Deep Learning Methods for Device Identification Using Symbols Trace Plot

TL;DR

This paper introduces a novel RF fingerprinting method called density trace plot (DTP) for device authentication, leveraging IQ imbalance features and deep learning classifiers to improve security in communication systems.

Contribution

It proposes a new DTP-based RF fingerprinting approach using IQ imbalance features and evaluates multiple deep learning classifiers for device identification.

Findings

DTP effectively extracts device-specific fingerprints from symbol trajectories.

Deep learning classifiers achieve high accuracy with DTP features.

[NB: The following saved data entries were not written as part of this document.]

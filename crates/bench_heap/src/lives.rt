//! A thread's life: it wakes, has its objects, does what is timed, lets them go, and leaves.

ghost use Rattle.std.specs.Prelude.{◌≡◌};
ghost use Rattle.brc_count.specs.Frames.{IsUnlocked};
ghost use Rattle.brc_count.specs.Owned.{Keeps};
ghost use Rattle.brc_handles.specs.Handles.{OwnsEach};

use crate::containers::{Full, Kind, NewList10};
use crate::deaths::{Chains, life_of};
use crate::dict_values::{Finds, PutsAndFindsValues};
use crate::dicts::{Keys, PutsAndFinds, Seek, Sought, TwoKeys};
use crate::globals::{first_key, take_from_globals};
use crate::letters::{Post, ReceiveOne, SENDERS, SendOne};
use crate::lists::PushesAndPops;
use crate::operations::{
    Ending, Integers, On, Operation, Order, Pair, PairOf, Polled, Texts16, new_integers,
    pairs_in_turn,
};
use crate::request::Case;
use crate::timing::{Span, refused, this_moment};
use crate::value_letters::{ReceiveValue, SendValues};
use crate::values::{ENTRIES, Gets, PushesAndPopsLabelled, PushesAndPopsValues, Sets};
use brc_count::biased::HasTable;
use brc_count::{Frame, Handle};
use brc_handles::Handles;
use brc_loops::{Life, Source, fill, repeat};
use brc_thread::{Heap, Mutator};
use brc_words::FIRST_MORTAL;
use std::alloc::{Allocator, Global};
use std::rt::Clock;
use std::sync::Wait;
use std::time::CpuClock;
use std::{io, thread};

/// How many cells a heap has.
pub const CELLS: u32 = 65_536;

/// How many of them are free while `claim_full` and `claim_full_near` are timed.
const LEFT_FREE: u32 = 16;

/// How many integers leave so many cells free.
const NEARLY_ALL: u32 = CELLS - FIRST_MORTAL - LEFT_FREE;

/// How many cells a free word has.
const IN_WORD: u32 = 64;

/// The word that has the first mortal cell.
const FIRST_WORD: u32 = FIRST_MORTAL / IN_WORD;

/// How many words have mortal cells.
const WORDS: u32 = CELLS / IN_WORD - FIRST_WORD;

/// How many objects `pair_foreign` counts in turn.
pub const FOREIGN: u32 = 64;

/// What some threads are to do, all the same.
#[derive(Clone, Copy)]
pub struct Asked {
    pub case: Case,
    /// Whether they are idle, and others count the integers that they gave before.
    pub idle: bool,
    pub threads: u32,
    pub n: u64,
}

/// The cell with whose word the thread's part of the heap begins, where so many threads have each as many words.
fn first_cell(thread: u32, threads: u32) -> u32 {
    let before = thread.saturating_sub(1);
    let words = WORDS
        .saturating_mul(before)
        .checked_div(threads)
        .unwrap_or(0);
    FIRST_WORD.saturating_add(words).saturating_mul(IN_WORD)
}

/// The thread's claims begin where the case has it.
fn begins_claims<H: HasTable<A>, A: Allocator>(frame: &mut Frame<H, A>, asked: Asked)
    requires unlocked { IsUnlocked frame.old }
    ensures keeps { Keeps frame.old frame.new }
    ensures unlocked { IsUnlocked frame.new }
{
    match asked.case {
        Case::NewIntApart | Case::NewText16Apart | Case::NewList10Apart => {
            let thread = frame.thread();
            frame.claim_from(first_cell(thread, asked.threads));
        }
        Case::MakeChainNear | Case::ClaimFullNear => frame.claim_near(FIRST_MORTAL),
        _ => {}
    }
}

/// How many handles a thread needs for the operations of a case.
fn handles_for(case: Case) -> u64 {
    match case {
        Case::PairOwn | Case::PairShared | Case::NewList10 | Case::NewList10Apart => 1,
        Case::List | Case::ListShared | Case::Dict | Case::Dict4 | Case::Mail => 1,
        Case::FindInt | Case::FindText => 1,
        Case::ListValue | Case::ListLabel | Case::GetValue | Case::SetValue => 1,
        Case::DictValue | Case::FindIntValue | Case::FindTextValue | Case::MailValue => 1,
        Case::PairOwn8 => 8,
        Case::PairOwn256 => 256,
        Case::PairForeign => FOREIGN as u64,
        Case::ClaimFull | Case::ClaimFullNear => NEARLY_ALL as u64,
        Case::NewInt | Case::NewIntApart | Case::NewText16 | Case::NewText16Apart => 0,
        Case::Chain | Case::MakeChain | Case::MakeChainNear | Case::Wide => 0,
        Case::ThreadLife { .. } | Case::Leave { .. } => 0,
    }
}

/// A thread that is asked something, with what it does that by.
#[derive(Drop)]
struct Worker<'r, R, A> {
    rt: &'r R,
    alloc: A,
    post: &'r Post,
    asked: Asked,
}

/// The objects that it needs: handles for its operations, or what lives while it is timed.
impl<'r, R: Wait, H: HasTable<A>, A: Allocator + Copy> Source<H, A> for Worker<'r, R, A> {
    fn next(&self, frame: &mut Frame<H, A>, before: u64) -> Option<Handle<A>> {
        let rt = self.rt;
        let alloc = self.alloc;
        let n = self.asked.n;
        let number = frame.thread();
        match self.asked.case {
            Case::PairShared | Case::ListShared | Case::Mail | Case::MailValue => {
                take_from_globals(rt, frame, number as i64)
            }
            Case::PairForeign => {
                // The idle threads, as many as these, are the first ones.
                let first = first_key(number.saturating_sub(self.asked.threads));
                take_from_globals(rt, frame, first as i64 + (before % 65_536) as i64)
            }
            Case::List | Case::ListValue | Case::ListLabel | Case::GetValue | Case::SetValue => {
                Full::new(rt, alloc, Kind::List, ENTRIES).next(frame, before)
            }
            Case::Wide => Full::new(rt, alloc, Kind::List, n).next(frame, before),
            Case::Dict | Case::DictValue => {
                Full::new(rt, alloc, Kind::Dict, Keys::Many.count()).next(frame, before)
            }
            Case::Dict4 => Full::new(rt, alloc, Kind::Dict, Keys::Few.count()).next(frame, before),
            Case::FindInt | Case::FindText | Case::FindIntValue | Case::FindTextValue => {
                TwoKeys { rt, alloc }.next(frame, before)
            }
            Case::Chain | Case::MakeChain | Case::MakeChainNear => {
                let count = n;
                Chains { rt, alloc, count }.next(frame, before)
            }
            _ => {
                if before % 4 == 3 {
                    thread::yield_now();
                }
                Integers { alloc }.next(frame, before)
            }
        }
    }
}

impl<'r, R: Wait + Clock + CpuClock, A: Allocator + Copy> Worker<'r, R, A> {
    /// The operations of the case; None where one failed, or where there is no handle that it needs.
    fn operates<H: HasTable<A>>(&self, frame: &mut Frame<H, A>, handles: &Handles<A>) -> Option<()>
        requires each { OwnsEach frame.old handles.now }
        requires unlocked { IsUnlocked frame.old }
        ensures keeps { Keeps frame.old frame.new }
        ensures unlocked { IsUnlocked frame.new }
    {
        let rt = self.rt;
        let alloc = self.alloc;
        let post = self.post;
        let n = self.asked.n;
        match self.asked.case {
            Case::NewInt | Case::NewIntApart | Case::ClaimFull | Case::ClaimFullNear => {
                return new_integers(alloc, frame, n);
            }
            Case::NewText16 | Case::NewText16Apart => {
                let source = Texts16 { alloc };
                return repeat(&Ending { source }, frame, n);
            }
            _ => {}
        }
        let handle = handles.get(0)?;
        match self.asked.case {
            Case::PairOwn => repeat(&On(handle, Pair), frame, n),
            Case::PairShared => repeat(&On(handle, Polled { operation: Pair }), frame, n),
            Case::PairOwn256 => {
                let order = Order::Strewn;
                repeat(&PairOf { handles, order }, frame, n)
            }
            Case::NewList10 | Case::NewList10Apart => {
                repeat(&On(handle, NewList10 { rt, alloc }), frame, n)
            }
            Case::List | Case::ListShared => PushesAndPops { rt, alloc, n }.run_on(
                frame, handle, 0,
            ),
            Case::Dict => {
                let keys = Keys::Many;
                PutsAndFinds { rt, alloc, keys, n }.run_on(frame, handle, 0)
            }
            Case::Dict4 => {
                let keys = Keys::Few;
                PutsAndFinds { rt, alloc, keys, n }.run_on(frame, handle, 0)
            }
            Case::FindInt => {
                let sought = Sought::Number;
                repeat(&On(handle, Seek { rt, sought }), frame, n)
            }
            Case::FindText => {
                let sought = Sought::Name;
                repeat(&On(handle, Seek { rt, sought }), frame, n)
            }
            Case::ListValue => PushesAndPopsValues { rt, n }.run_on(frame, handle, 0),
            Case::ListLabel => PushesAndPopsLabelled { rt, alloc, n }.run_on(frame, handle, 0),
            Case::GetValue => Gets { rt, n }.run_on(frame, handle, 0),
            Case::SetValue => Sets { rt, n }.run_on(frame, handle, 0),
            Case::DictValue => {
                let keys = Keys::Many;
                PutsAndFindsValues { rt, alloc, keys, n }.run_on(frame, handle, 0)
            }
            Case::FindIntValue => {
                let sought = Sought::Number;
                Finds {
                    rt,
                    alloc,
                    sought,
                    n,
                }
                .run_on(frame, handle, 0)
            }
            Case::FindTextValue => {
                let sought = Sought::Name;
                Finds {
                    rt,
                    alloc,
                    sought,
                    n,
                }
                .run_on(frame, handle, 0)
            }
            Case::MailValue => {
                if frame.thread() > SENDERS {
                    let receive = On(handle, ReceiveValue { rt, post });
                    return repeat(&receive, frame, n.saturating_mul(SENDERS as u64));
                }
                SendValues { rt, post, n }.run_on(frame, handle, 0)
            }
            Case::Mail => {
                if frame.thread() > SENDERS {
                    let receive = On(handle, ReceiveOne { rt, post });
                    return repeat(&receive, frame, n.saturating_mul(SENDERS as u64));
                }
                repeat(&On(handle, SendOne { rt, alloc, post }), frame, n)
            }
            _ => pairs_in_turn(frame, handles, n),
        }
    }

    /// When the thread began and ended what the case times of one object; or why it couldn't.
    fn measures_one<H: HasTable<A>>(&self, frame: &mut Frame<H, A>) -> io::Result<Span>
        requires unlocked { IsUnlocked frame.old }
        ensures keeps { Keeps frame.old frame.new }
        ensures unlocked { IsUnlocked frame.new }
    {
        let life = life_of(self.rt, self, frame)?;
        match self.asked.case {
            Case::MakeChain | Case::MakeChainNear => Ok(life.making()),
            _ => Ok(life.end()),
        }
    }

    /// When the thread began and ended its operations; or why it couldn't do them all. It has no handle before and
    /// afterwards.
    fn measures<H: HasTable<A>>(&self, frame: &mut Frame<H, A>) -> io::Result<Span>
        requires bare { frame.old.len ≡ 0 }
        requires unlocked { IsUnlocked frame.old }
        ensures heap { frame.new.heap ≡ frame.old.heap }
        ensures bare { frame.new.len ≡ 0 }
        ensures unlocked { IsUnlocked frame.new }
    {
        let asked = self.asked;
        let mut handles = Handles::new(self.alloc);
        self.post.begin_together(self.rt, asked.threads, 1);
        let filled = fill(self, frame, &mut handles, handles_for(asked.case));
        self.post.begin_together(self.rt, asked.threads, 2);
        let began = this_moment(self.rt);
        let whole = self.operates(frame, &handles);
        let ended = this_moment(self.rt);
        handles.release_all(frame);
        if filled.is_none() || whole.is_none() {
            self.post.give_up();
            return Err(refused());
        }
        Ok(Span {
            began: began?,
            ended: ended?,
        })
    }
}

/// What a thread does between its waking and its end: it tells when it began and ended its operations; None where it is
/// idle.
#[derive(Drop)]
pub struct Timed<'p> {
    pub alloc: Global,
    pub post: &'p Post,
    pub asked: Asked,
}

impl<'p, R: Wait + Clock + CpuClock> Life<R> for Timed<'p> {
    type Answer = io::Result<Option<Span>>;

    fn live(
        &self,
        rt: &R,
        mutator: &mut Mutator<&Heap<Global>, Global>,
    ) -> io::Result<Option<Span>> {
        if self.asked.idle {
            return Ok(None);
        }
        begins_claims(mutator.frame(), self.asked);
        let worker = Worker {
            rt,
            alloc: self.alloc,
            post: self.post,
            asked: self.asked,
        };
        let span = match self.asked.case {
            Case::Chain | Case::MakeChain | Case::MakeChainNear | Case::Wide => {
                worker.measures_one(mutator.frame())
            }
            _ => worker.measures(mutator.frame()),
        };
        match span {
            Ok(span) => Ok(Some(span)),
            Err(error) => Err(error),
        }
    }
}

The method is validated on real SDR data.

Abstract

Devices authentication is one crucial aspect of any communication system. Recently, the physical layer approach radio frequency (RF) fingerprinting has gained increased interest as it provides an extra layer of security without requiring additional components. In this work, we propose an RF fingerprinting based transmitter authentication approach density trace plot (DTP) to exploit device-identifiable fingerprints. By considering IQ imbalance solely as the feature source, DTP can efficiently extract device-identifiable fingerprints from symbol transition trajectories and density center drifts. In total, three DTP modalities based on constellation, eye and phase traces are respectively generated and tested against three deep learning classifiers: the 2D-CNN, 2D-CNN+biLSTM and 3D-CNN. The feasibility of these DTP and classifier pairs is verified using a practical dataset collected from the ADALM-PLUTO software-defined radios (SDRs).